Jeffrey Modell Foundation, New York, NY, United States.
Invitae, San Francisco, CA, United States.
Front Immunol. 2022 Jun 10;13:906540. doi: 10.3389/fimmu.2022.906540. eCollection 2022.
Genetic disorders that impair the immune system, known as Primary Immunodeficiencies (PI), include over 450 single-gene inborn errors of immunity. Timely and appropriate diagnosis and treatment is vital to quality of life (QOL) and sometimes survival, as patients are susceptible to frequent, persistent, severe, and sometimes life-threatening infections or autoimmunity. Suspected PI patients that do not have a genetic diagnosis often endure a prolonged, onerous, inefficient, and expensive experience, known as a diagnostic odyssey. The resulting diagnostic delay prohibits proper disease management and treatment, causing unnecessary distress and diminished QOL. Next-generation sequencing (NGS) offers relief from the distress of the diagnostic odyssey, but because of cost and barriers to access, it is regularly unobtainable. The Jeffrey Modell Foundation (JMF) introduced "Jeffrey's Insights", a no-charge genetic sequencing pilot program, in January 2019 for patients within the Jeffrey Modell Centers Network (JMCN) with an underlying PI, but no genetic diagnosis. Building on the success of the pilot program, JMF expanded it globally to more than 400 Centers in the JMCN in early 2020. The most current version of Invitae's PI Panel available was used for this program. All participating clinicians were invited to complete a brief questionnaire assessing prior impediments to access and post-sequencing alterations in disease management and treatment. A total of 1,398 patients were tested, with 20.3% receiving a molecular diagnosis and many more receiving helpful diagnostic leads. Results obtained from genetic sequencing led to an alteration of clinical diagnosis, disease management, treatment, and genetic counseling in 39%, 38%, 35%, and 53% of patients, respectively. The global expansion of this program further underscores the crucial need for NGS for PI, along with its efficiency and potential cost savings. The results of this program to date further define rationale for the availability of comprehensive diagnostic NGS for patients with PI when requisitioned by an expert immunologist.

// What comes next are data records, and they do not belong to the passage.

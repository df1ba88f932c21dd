//! One frame is sent, and one is received.

ghost use Rattle.std.specs.Prelude.{◌≡◌, ◌≤◌, ◌∷◌, [], List, IfOk, IfErr, length, take};
ghost use Rattle.fuse_device.specs.Transfers.{Transfer, received};
ghost use Rattle.fk_drive.specs.Driving.{SendsFrame};
ghost use Rattle.fk_drive.specs.Exchanges.{EndsAs, StopsAt, WentOver};

use crate::end::DriveEnd;
use fuse_device::Device;
use std::alloc::Allocator;
use std::mem;

/// The most bytes that one frame may have.
const ROOM: usize = 131_072;

/// Sends a frame. A server refuses none: what it says of one is lost.
pub(crate) fn send_bytes<D: Device>(device: &mut D, bytes: &[u8]) -> Result<(), DriveEnd>
    ensures { WentOver D.logs device.old device.new (EndsAs result) (SendsFrame bytes.now) }
{
    match device.send(bytes) {
        Ok(_result) => Ok(()),
        Err(unsent) => Err(DriveEnd::Device(unsent)),
    }
}

/// The frame at the front of the room, in memory of its own. Where there is none for it, the frame takes the room's.
fn frame_in<A: Allocator + Copy>(alloc: A, room: &mut Vec<u8, A>, count: usize) -> Vec<u8, A>
    requires { count ≤ length room.old.items }
    ensures { result.items ≡ take count room.old.items }
{
    let mut frame = Vec::new(alloc);
    if frame.extend_from_slice(&room[..count]).is_ok() {
        return frame;
    }
    let mut frame = mem::replace(room, Vec::new(alloc));
    frame.truncate(count);
    frame
}

/// Receives a frame into the room, and copies it. The room is made where it is not there, before it is received.
///
/// # Errors
///
/// The device came to its end, or memory runs out: nothing is then received.
pub(crate) fn receive_frame<A: Allocator + Copy, D: Device>(
    alloc: A,
    room: &mut Vec<u8, A>,
    device: &mut D,
) -> Result<Vec<u8, A>, DriveEnd>
    ensures frame { IfOk result (λ frame. D.logs device.old device.new (received frame.items ∷ [])) }
    ensures end { IfErr result (λ end. (log : List Transfer) × D.logs device.old device.new log × StopsAt end log) }
{
    if room.len() < ROOM {
        let Ok(zeroed) = vec![in alloc; 0u8; ROOM] else {
            return Err(DriveEnd::Memory);
        };
        *room = zeroed;
    }
    match device.receive(room) {
        Ok(count) => Ok(frame_in(alloc, room, count)),
        Err(end) => Err(DriveEnd::Device(end)),
    }
}
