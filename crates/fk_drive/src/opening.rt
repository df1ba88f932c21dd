//! A directory is opened before it is listed.

ghost use Rattle.std.specs.Prelude.{◌≡◌, ◌↔◌, ◌≤◌, ◌<◌, ◌^◌, ◌++◌, ◌∷◌, [], ℕ, Bool, List, IfNone, IfSome, IsTrue, OnSome, false, length, true, vec_len};
ghost use Rattle.fuse_spec.specs.Kernel.Kernel.{Kernel as KernelState};
ghost use Rattle.fuse_spec.specs.Kernel.Messages.{Request};
ghost use Rattle.fuse_device.specs.Transfers.{received};
ghost use Rattle.fk_wire.specs.Replies.{ReplyMessage, SpellsReply};
ghost use Rattle.fk_wire.specs.Requests.{RequestMessage, Spells};
ghost use Rattle.fk_wire.specs.declared.opcode.Opcode.TheVariants as op;
ghost use Rattle.fk_drive_frames.specs.Filling.{IsListing};
ghost use Rattle.fuse_frames.specs.DecodedReplies.{head_unique};
ghost use Rattle.fk_drive_frames.specs.OwnRequests.{GivesNothing, ListsNode, SaysOfOpendir};
ghost use Rattle.fk_drive_frames.specs.declared.filling.FreeFields.{FreeFields};
ghost use Rattle.fk_drive.specs.Driven.{driven, waiting_in};
ghost use Rattle.fk_drive.specs.Driving.{Runs, opening, picked};
ghost use Rattle.fk_drive.specs.Exchanges.{WentOver};
ghost use Rattle.fk_drive.specs.Notings.{HasNoted};
ghost use Rattle.fk_drive.specs.Openings.{AwaitsUntil, HasErrorNumber, HasTooMany, StopsAsking, StopsAskingWhere, turn_of, turn_where};
ghost use Rattle.fk_drive.specs.Rooms.{HasRoomForFrame, most_waiting};
ghost use Rattle.fk_drive.specs.Steps.{SendStep};

use crate::connection::{Connection, Directory};
use crate::end::DriveEnd;
use crate::exchange::{receive_frame, send_bytes};
use crate::noted::{Noted, Notes};
use fk_drive_frames::{
    OPENDIR_UNIQUES_END, OpendirSaid, is_opendir_reply, is_under, node_listed, opendir, said_in,
};
use fuse_device::Device;
use fuse_spec::Opened;
use std::alloc::Allocator;

/// What came of OPENDIR.
#[derive(Clone, Copy, Debug, PartialEq, Eq)]
pub(crate) enum Awaited {
    /// Its reply said this.
    Said(OpendirSaid),
    /// Its reply did not come yet.
    NotYet,
    /// The run came to its end.
    Ended(DriveEnd),
}

/// The request that lists a directory, by its number, and the directory's node.
#[derive(Clone, Copy, Debug, PartialEq, Eq)]
pub(crate) struct Listing {
    pub(crate) unique: u64,
    pub(crate) node: u64,
}

/// Whether a directory is opened before the request that lists it.
fn is_opened_first<A: Allocator + Copy>(connection: &Connection<A>) -> bool
    ensures { IsTrue result ↔ ((connection.now.asks ≡ true) × (connection.now.next < 2 ^ 63)) }
{
    connection.asks && connection.next < OPENDIR_UNIQUES_END
}

/// The node of the directory that a frame lists, where it is opened before that.
pub(crate) fn node_opened<A: Allocator + Copy>(
    connection: &Connection<A>,
    frame: &[u8],
) -> Option<u64>
    ensures asked { OnSome result ((connection.now.asks ≡ true) × (connection.now.next < 2 ^ 63)) }
    ensures listed { IfSome result (λ node. (m : RequestMessage) × Spells frame.now m × (m.nodeid ≡ node)
        × IsListing m.content) }
    ensures none { IfNone result (connection.now.asks ≡ true → connection.now.next < 2 ^ 63
        → (m : RequestMessage) → Spells frame.now m → IsListing m.content → ⊥) }
{
    if is_opened_first(connection) {
        node_listed(frame)
    } else {
        None
    }
}

impl<A: Allocator + Copy> Connection<A> {
    /// Puts an open directory behind the others.
    fn put_directory(&mut self, directory: Directory)
        requires { HasRoomForFrame self.old }
        ensures put { self.new.directories.items ≡ self.old.directories.items ++ directory ∷ [] }
        ensures same { self.new ≡ record self.old { directories = self.new.directories } }
    {
        let _put = self.directories.push(directory);
    }

    /// Takes what the reply to OPENDIR said.
    fn take_said(&mut self, listing: Listing, said: OpendirSaid)
        requires { HasRoomForFrame self.old }
        ensures said { (free_fields : FreeFields) (kernel : KernelState) (request : Request) (own : ℕ) (frame : List ℕ)
            → request.unique ≡ listing.unique → SaysOfOpendir frame own said
            → SendStep free_fields (driven kernel self.old (opening request own listing.node)) (received frame ∷ [])
            (driven kernel self.new (turn_of request said)) }
        ensures asks { StopsAsking said self.new.asks }
        ensures waits { self.new.waiting ≡ self.old.waiting }
    {
        match said {
            OpendirSaid::Handle(fh) => {
                let Listing { unique, node } = listing;
                let opened = Opened { nodeid: node, fh };
                self.put_directory(Directory { unique, opened });
            }
            OpendirSaid::NotKnown => {
                self.asks = false;
            }
            OpendirSaid::Failed(_error) => {}
        }
    }
}

/// Notes the reply to the OPENDIR under a number.
fn note_reply<N: Notes<O>, O>(notes: &mut N, out: &mut O, own: u64, frame: &[u8])
    ensures { (is_whole : Bool) × N.notes notes.old notes.new out.old out.new (Noted.OpendirReply own is_whole ∷ [])
        × (is_whole ≡ true → (reply : ReplyMessage) × SpellsReply op.Open frame.now reply)
        × (is_whole ≡ false → GivesNothing frame.now) }
{
    let noted = Noted::OpendirReply {
        unique: own,
        is_whole: is_opendir_reply(frame),
    };
    notes.note(noted, out);
}

/// Notes what is no reply, and has the number of the OPENDIR or RELEASEDIR whose reply is awaited.
pub(crate) fn note_no_reply<N: Notes<O>, O>(notes: &mut N, out: &mut O, own: u64, frame: &[u8])
    ensures under { 16 ≤ length frame.now → head_unique frame.now ≡ own
        → N.notes notes.old notes.new out.old out.new (Noted.NoOpendirReply own ∷ []) }
    ensures none { (16 ≤ length frame.now → head_unique frame.now ≡ own → ⊥)
        → (notes.new ≡ notes.old) × (out.new ≡ out.old) }
    ensures noted { HasNoted N.notes notes.old notes.new out.old out.new }
{
    if is_under(own, frame) {
        notes.note(Noted::NoOpendirReply { unique: own }, out);
    }
}

/// Receives a frame while the reply to an OPENDIR is awaited: what that says, if it is that. Any other waits for the
/// kernel, or is set aside.
fn receive_said<A: Allocator + Copy, D: Device, N: Notes<O>, O>(
    connection: &mut Connection<A>,
    device: &mut D,
    notes: &mut N,
    out: &mut O,
    own: u64,
    listing: Listing,
) -> Awaited
    ensures sends { (free_fields : FreeFields) (kernel : KernelState) (request : Request)
        → request.unique ≡ listing.unique → WentOver D.logs device.old device.new (AwaitsUntil result)
        (λ log. Runs (SendStep free_fields) (driven kernel connection.old (opening request own listing.node)) log
        (driven kernel connection.new (turn_where request own listing.node result))) }
    ensures number { HasErrorNumber result }
    ensures asks { StopsAskingWhere result connection.new.asks }
    ensures many { HasTooMany result (waiting_in connection.new) }
    ensures few { vec_len connection.old.waiting ≤ most_waiting → vec_len connection.new.waiting ≤ most_waiting }
    ensures noted { HasNoted N.notes notes.old notes.new out.old out.new }
{
    if let Err(end) = connection.make_room_awaiting() {
        return Awaited::Ended(end);
    }
    let frame = match receive_frame(connection.alloc, &mut connection.room, device) {
        Ok(frame) => frame,
        Err(end) => return Awaited::Ended(end),
    };
    match said_in(own, frame.as_slice()) {
        Some(said) => {
            note_reply(notes, out, own, frame.as_slice());
            connection.take_said(listing, said);
            Awaited::Said(said)
        }
        None => {
            note_no_reply(notes, out, own, frame.as_slice());
            connection.keep(frame, notes, out);
            Awaited::NotYet
        }
    }
}

/// Receives frames until the reply to an OPENDIR.
fn await_opendir<A: Allocator + Copy, D: Device, N: Notes<O>, O>(
    connection: &mut Connection<A>,
    device: &mut D,
    notes: &mut N,
    out: &mut O,
    own: u64,
    listing: Listing,
) -> Awaited
    ensures sends { (free_fields : FreeFields) (kernel : KernelState) (request : Request)
        → request.unique ≡ listing.unique → WentOver D.logs device.old device.new (AwaitsUntil result)
        (λ log. Runs (SendStep free_fields) (driven kernel connection.old (opening request own listing.node)) log
        (driven kernel connection.new (turn_where request own listing.node result))) }
    ensures number { HasErrorNumber result }
    ensures asks { StopsAskingWhere result connection.new.asks }
    ensures many { HasTooMany result (waiting_in connection.new) }
    ensures noted { HasNoted N.notes notes.old notes.new out.old out.new }
{
    for _frame in 0..u64::MAX {
        match receive_said(connection, device, notes, out, own, listing) {
            Awaited::NotYet => {}
            Awaited::Said(said) => return Awaited::Said(said),
            Awaited::Ended(end) => return Awaited::Ended(end),
        }
    }
    Awaited::NotYet
}

/// Opens the directory that a request lists.
pub(crate) fn open_directory<A: Allocator + Copy, D: Device, N: Notes<O>, O>(
    connection: &mut Connection<A>,
    device: &mut D,
    notes: &mut N,
    out: &mut O,
    listing: Listing,
) -> Awaited
    requires asks { connection.old.asks ≡ true }
    requires numbers { connection.old.next < 2 ^ 63 }
    ensures sends { (free_fields : FreeFields) (kernel : KernelState) (request : Request)
        → request.unique ≡ listing.unique → ListsNode request.body listing.node
        → WentOver D.logs device.old device.new (AwaitsUntil result)
        (λ log. Runs (SendStep free_fields) (driven kernel connection.old (picked request)) log
        (driven kernel connection.new (turn_where request connection.old.next listing.node result))) }
    ensures number { HasErrorNumber result }
    ensures asks { StopsAskingWhere result connection.new.asks }
    ensures many { HasTooMany result (waiting_in connection.new) }
    ensures noted { HasNoted N.notes notes.old notes.new out.old out.new }
{
    let own = connection.next;
    connection.next += 2;
    match send_bytes(device, &opendir(own, listing.node)) {
        Ok(()) => await_opendir(connection, device, notes, out, own, listing),
        Err(end) => Awaited::Ended(end),
    }
}
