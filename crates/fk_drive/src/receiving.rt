//! Frames are received, and wait for the kernel or are set aside.

ghost use Rattle.std.specs.Prelude.{◌≡◌, ◌≤◌, ◌<◌, ◌+◌, ◌++◌, ◌∷◌, [], IfErr, OnOk, vec_len};
ghost use Rattle.fuse_spec.specs.Kernel.Kernel.{Kernel as KernelState};
ghost use Rattle.fuse_device.specs.Transfers.{received};
ghost use Rattle.fk_drive_frames.specs.Asides.{IsOtherFrame};
ghost use Rattle.fk_drive.specs.Driven.{Keeps, driven, waiting_in};
ghost use Rattle.fk_drive.specs.Driving.{DriveStep, Runs, Turn};
ghost use Rattle.fk_drive.specs.Exchanges.{WentOver};
ghost use Rattle.fk_drive.specs.Receiving.{ReceivesUntil};
ghost use Rattle.fk_drive.specs.Notings.{AreNoted, HasNoted};
ghost use Rattle.fk_drive.specs.Rooms.{HasRoomForFrame, IsNoRoom, most_waiting};
ghost use Rattle.fk_drive.specs.Steps.{IsKept, ReceiveStep};
ghost use Rattle.fk_drive.specs.declared.end.DriveEnd.TheVariants.{Memory};

use crate::connection::Connection;
use crate::end::DriveEnd;
use crate::exchange::receive_frame;
use crate::noted::{Noted, Notes};
use fk_drive_frames::other_frame_in;
use fuse_device::Device;
use std::alloc::Allocator;

/// How many frames wait for the kernel at most, while the reply to OPENDIR or RELEASEDIR is awaited.
const MOST_WAITING: usize = 10_000;

impl<A: Allocator + Copy> Connection<A> {
    /// Makes room for one frame that waits, and for an open directory.
    pub(crate) fn make_room(&mut self) -> Result<(), DriveEnd>
        ensures same { Keeps self.old self.new }
        ensures long { vec_len self.new.waiting ≡ vec_len self.old.waiting }
        ensures room { OnOk result (HasRoomForFrame self.new) }
        ensures memory { IfErr result (λ end. end ≡ Memory) }
    {
        let waiting = self.waiting.reserve(1);
        let directories = self.directories.reserve(1);
        match (waiting, directories) {
            (Ok(()), Ok(())) => Ok(()),
            _ => Err(DriveEnd::Memory),
        }
    }

    /// Makes room for one frame while the reply to OPENDIR or RELEASEDIR is awaited, if not as many wait as are kept.
    pub(crate) fn make_room_awaiting(&mut self) -> Result<(), DriveEnd>
        ensures same { Keeps self.old self.new }
        ensures long { vec_len self.new.waiting ≡ vec_len self.old.waiting }
        ensures room { OnOk result (HasRoomForFrame self.new) }
        ensures few { OnOk result (vec_len self.new.waiting < most_waiting) }
        ensures no_room { IfErr result (IsNoRoom self.old) }
    {
        if self.waiting.len() >= MOST_WAITING {
            return Err(DriveEnd::TooMany);
        }
        self.make_room()
    }

    /// Has a frame wait for the kernel.
    fn have_wait(&mut self, frame: Vec<u8, A>)
        requires { HasRoomForFrame self.old }
        ensures waits { self.new.waiting.items ≡ self.old.waiting.items ++ frame ∷ [] }
        ensures same { self.new ≡ record self.old { waiting = self.new.waiting } }
    {
        let _waits = self.waiting.push(frame);
    }

    /// A frame waits for the kernel, or is set aside, and that is noted.
    pub(crate) fn keep<N: Notes<O>, O>(&mut self, frame: Vec<u8, A>, notes: &mut N, out: &mut O)
        requires { HasRoomForFrame self.old }
        ensures keeps { (kernel : KernelState) (turn : Turn)
            → (step : DriveStep (driven kernel self.old turn) (received frame.items ∷ []) (driven kernel self.new turn))
            × IsKept frame.items step }
        ensures noted { AreNoted N.notes notes.old notes.new out.old out.new self.old.next frame.items }
        ensures notes { HasNoted N.notes notes.old notes.new out.old out.new }
        ensures long { vec_len self.new.waiting ≤ vec_len self.old.waiting + 1 }
    {
        match other_frame_in(self.next, frame.as_slice()) {
            Some(other_frame) => notes.note(Noted::SetAside(other_frame), out),
            None => self.have_wait(frame),
        }
    }
}

/// Receives one frame while none waits: it waits for the kernel, or is set aside.
///
/// # Errors
///
/// The device came to its end, or memory runs out: nothing is then received.
pub(crate) fn receive_next<A: Allocator + Copy, D: Device, N: Notes<O>, O>(
    connection: &mut Connection<A>,
    device: &mut D,
    notes: &mut N,
    out: &mut O,
) -> Result<(), DriveEnd>
    requires { waiting_in connection.old ≡ [] }
    ensures receives { (kernel : KernelState) (turn : Turn) → WentOver D.logs device.old device.new
        (ReceivesUntil result (driven kernel connection.new turn))
        (λ log. Runs ReceiveStep (driven kernel connection.old turn) log (driven kernel connection.new turn)) }
    ensures noted { HasNoted N.notes notes.old notes.new out.old out.new }
{
    connection.make_room()?;
    let frame = receive_frame(connection.alloc, &mut connection.room, device)?;
    connection.keep(frame, notes, out);
    Ok(())
}
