//! What was received is written to the kernel.

ghost use Rattle.std.specs.Prelude.{◌≡◌, ◌<◌, ℕ, List, IfErr, IfOk, OnErr, OnOk, vec_len};
ghost use Rattle.fuse_spec.specs.Kernel.Kernel.{Kernel as KernelState};
ghost use Rattle.fk_drive_frames.specs.Agreements.{IsHandedOn};
ghost use Rattle.fk_kernel.specs.AwaitedReplies.{HasReplyHead};
ghost use Rattle.fk_kernel.specs.Refused.{WriteRefused};
ghost use Rattle.fuse_device.specs.Transfers.{Transfer};
ghost use Rattle.fk_drive.specs.Driven.{driven};
ghost use Rattle.fk_drive.specs.Driving.{DrivesOver, Runs, Turn, idle};
ghost use Rattle.fk_drive.specs.Exchanges.{WentOver};
ghost use Rattle.fk_drive.specs.KernelSteps.{IsReplyTaken};
ghost use Rattle.fk_drive.specs.Notings.{HasNoted};
ghost use Rattle.fk_drive.specs.Receiving.{ReceivesUntil};
ghost use Rattle.fk_drive.specs.Steps.{ReceiveStep};
ghost use Rattle.fk_drive.specs.WriteRefusals.{IsFirstRefused, IsWriteRefused};
ghost use Rattle.fk_drive.specs.Writing.{WritesFirst, WritesNext};

use crate::connection::Connection;
use crate::end::DriveEnd;
use crate::noted::Notes;
use crate::receiving::receive_next;
use crate::releasing::release;
use fk_drive_frames::{is_before_15, is_older_agreement, raised_to_15, raised_to_31};
use fk_kernel::KernelOf;
use fk_lookup_count::CountTable;
use fk_queues::QueueTable;
use fuse_device::Device;
use fuse_spec::{Purpose, Refusal, WriteResult};
use std::alloc::Allocator;

/// A frame that was written to the kernel.
#[derive(Drop)]
pub struct Written<A: Allocator> {
    /// The frame, as it was received.
    pub frame: Vec<u8, A>,
    /// Whether it agreed on 7.12 to 7.14 or 7.16 to 7.30, and was handed on as 7.15 or 7.31.
    pub is_raised: bool,
    /// What the kernel said.
    pub result: WriteResult,
    /// Whether the run came to its end behind it, as RELEASEDIR was to be sent or its reply to come.
    pub end: Option<DriveEnd>,
}

/// Writes bytes to the kernel.
fn take_reply<Q: QueueTable<Purpose>, C: CountTable<Heap = Q::Heap>>(
    kernel: &mut KernelOf<Q, C>,
    bytes: &[u8],
) -> Result<WriteResult, Refusal>
    ensures ok { IfOk result (λ written. IsReplyTaken kernel.old bytes.now written kernel.new) }
    ensures err { OnErr result (kernel.new ≡ kernel.old) }
    ensures refused { IfErr result (λ refusal. HasReplyHead bytes.now → WriteRefused kernel.old bytes.now refusal) }
{
    let written = kernel.write(bytes);
    kernel.lemma_in_range();
    written
}

/// Writes a frame to the kernel: an older agreement as one on 7.15 or 7.31, and any other as it is.
fn hand_on<Q: QueueTable<Purpose>, C: CountTable<Heap = Q::Heap>>(
    kernel: &mut KernelOf<Q, C>,
    frame: &[u8],
) -> Result<WriteResult, Refusal>
    ensures ok { IfOk result (λ written. (handed : List ℕ) × IsHandedOn frame.now handed
        × IsReplyTaken kernel.old handed written kernel.new) }
    ensures err { OnErr result (kernel.new ≡ kernel.old) }
    ensures refused { IfErr result (IsWriteRefused kernel.old frame.now) }
{
    if !is_older_agreement(frame) {
        return take_reply(kernel, frame);
    }
    if is_before_15(frame) {
        return take_reply(kernel, &raised_to_15(frame));
    }
    take_reply(kernel, &raised_to_31(frame))
}

/// Receives frames until one waits for the kernel.
fn receive_one<A: Allocator + Copy, D: Device, N: Notes<O>, O>(
    connection: &mut Connection<A>,
    device: &mut D,
    notes: &mut N,
    out: &mut O,
) -> Result<(), DriveEnd>
    ensures receives { (kernel : KernelState) (turn : Turn) → WentOver D.logs device.old device.new
        (ReceivesUntil result (driven kernel connection.new turn))
        (λ log. Runs ReceiveStep (driven kernel connection.old turn) log (driven kernel connection.new turn)) }
    ensures waits { OnOk result (0 < vec_len connection.new.waiting) }
    ensures noted { HasNoted N.notes notes.old notes.new out.old out.new }
{
    for _frame in 0..u64::MAX {
        if connection.waiting.len() != 0 {
            return Ok(());
        }
        receive_next(connection, device, notes, out)?;
    }
    if connection.waiting.len() != 0 {
        Ok(())
    } else {
        Err(DriveEnd::Memory)
    }
}

/// Writes the first frame that waits to the kernel.
fn write_first<Q: QueueTable<Purpose>, C: CountTable<Heap = Q::Heap>>(
    kernel: &mut KernelOf<Q, C>,
    connection: &mut Connection<Q::Heap>,
) -> Result<Written<Q::Heap>, Refusal>
    requires { 0 < vec_len connection.old.waiting }
    ensures ok { IfOk result (WritesFirst kernel.old connection.old kernel.new connection.new) }
    ensures err { OnErr result ((kernel.new ≡ kernel.old) × (connection.new ≡ connection.old)) }
    ensures refused { IfErr result (IsFirstRefused kernel.new connection.new) }
{
    let is_raised = is_older_agreement(&connection.waiting[0]);
    let result = match hand_on(kernel, &connection.waiting[0]) {
        Ok(result) => result,
        Err(refusal) => return Err(refusal),
    };
    let frame = connection.waiting.remove(0);
    Ok(Written {
        frame,
        is_raised,
        result,
        end: None,
    })
}

/// Writes the next frame to the kernel, which waits already or is received now. Where it is the reply to what listed an
/// open directory, RELEASEDIR is sent, and frames are received until its reply: so the next request is read only then, and
/// no FORGET of the directory goes before that. `Err` of the inner result is the kernel's refusal: the frame still waits.
/// What is not for the kernel is noted as it comes.
///
/// # Errors
///
/// The run came to its end before there was one. `Written::end` says where it did behind one.
pub fn write_next<Q: QueueTable<Purpose>, C: CountTable<Heap = Q::Heap>, D: Device, N: Notes<O>, O>(
    kernel: &mut KernelOf<Q, C>,
    connection: &mut Connection<Q::Heap>,
    device: &mut D,
    notes: &mut N,
    out: &mut O,
) -> Result<Result<Written<Q::Heap>, Refusal>, DriveEnd>
    ensures writes { (turn : Turn) × (log : List Transfer) × D.logs device.old device.new log
        × WritesNext result (driven kernel.old connection.old idle) log (driven kernel.new connection.new turn) }
    ensures drives { (turn : Turn) × DrivesOver D.logs device.old device.new (driven kernel.old connection.old idle)
        (driven kernel.new connection.new turn) }
    ensures refused { IfOk result (λ written. IfErr written (IsFirstRefused kernel.new connection.new)) }
    ensures noted { HasNoted N.notes notes.old notes.new out.old out.new }
{
    receive_one(connection, device, notes, out)?;
    match write_first(kernel, connection) {
        Ok(mut written) => {
            written.end = release(connection, device, notes, out, &written.frame).err();
            Ok(Ok(written))
        }
        Err(refusal) => Ok(Err(refusal)),
    }
}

遗传障碍会损害免疫系统,被称为原发性免疫缺陷(PI),包括超过 450 种单基因先天性免疫缺陷。及时和适当的诊断和治疗对生活质量(QOL)至关重要,有时甚至对生存至关重要,因为患者容易频繁、持续、严重,有时甚至危及生命的感染或自身免疫。没有遗传诊断的疑似 PI 患者通常会经历漫长、繁重、低效和昂贵的经历,即诊断之旅。由此产生的诊断延迟会妨碍适当的疾病管理和治疗,导致不必要的痛苦和生活质量下降。下一代测序(NGS)为诊断之旅的痛苦提供了缓解,但由于成本和获取障碍,它通常无法获得。杰弗里·莫德尔基金会(JMF)于 2019 年 1 月推出了“杰弗里洞察”,这是一项免费的基因测序试点计划,面向杰弗里·莫德尔中心网络(JMCN)内患有潜在 PI 但没有遗传诊断的患者。该试点计划取得成功后,JMF 于 2020 年初将其扩展到全球超过 400 个 JMCN 中心。该计划使用的是 Invitae 最新版本的 PI 面板。共有 1398 名患者接受了测试,其中 20.3%的患者获得了分子诊断,更多的患者获得了有帮助的诊断线索。基因测序结果导致 39%、38%、35%和 53%的患者临床诊断、疾病管理、治疗和遗传咨询发生改变。该计划在全球范围内的扩展进一步强调了 PI 进行 NGS 的迫切需要,以及它的效率和潜在的节省成本。该计划迄今为止的结果进一步明确了在专家免疫学家要求时为 PI 患者提供全面诊断 NGS 的合理性。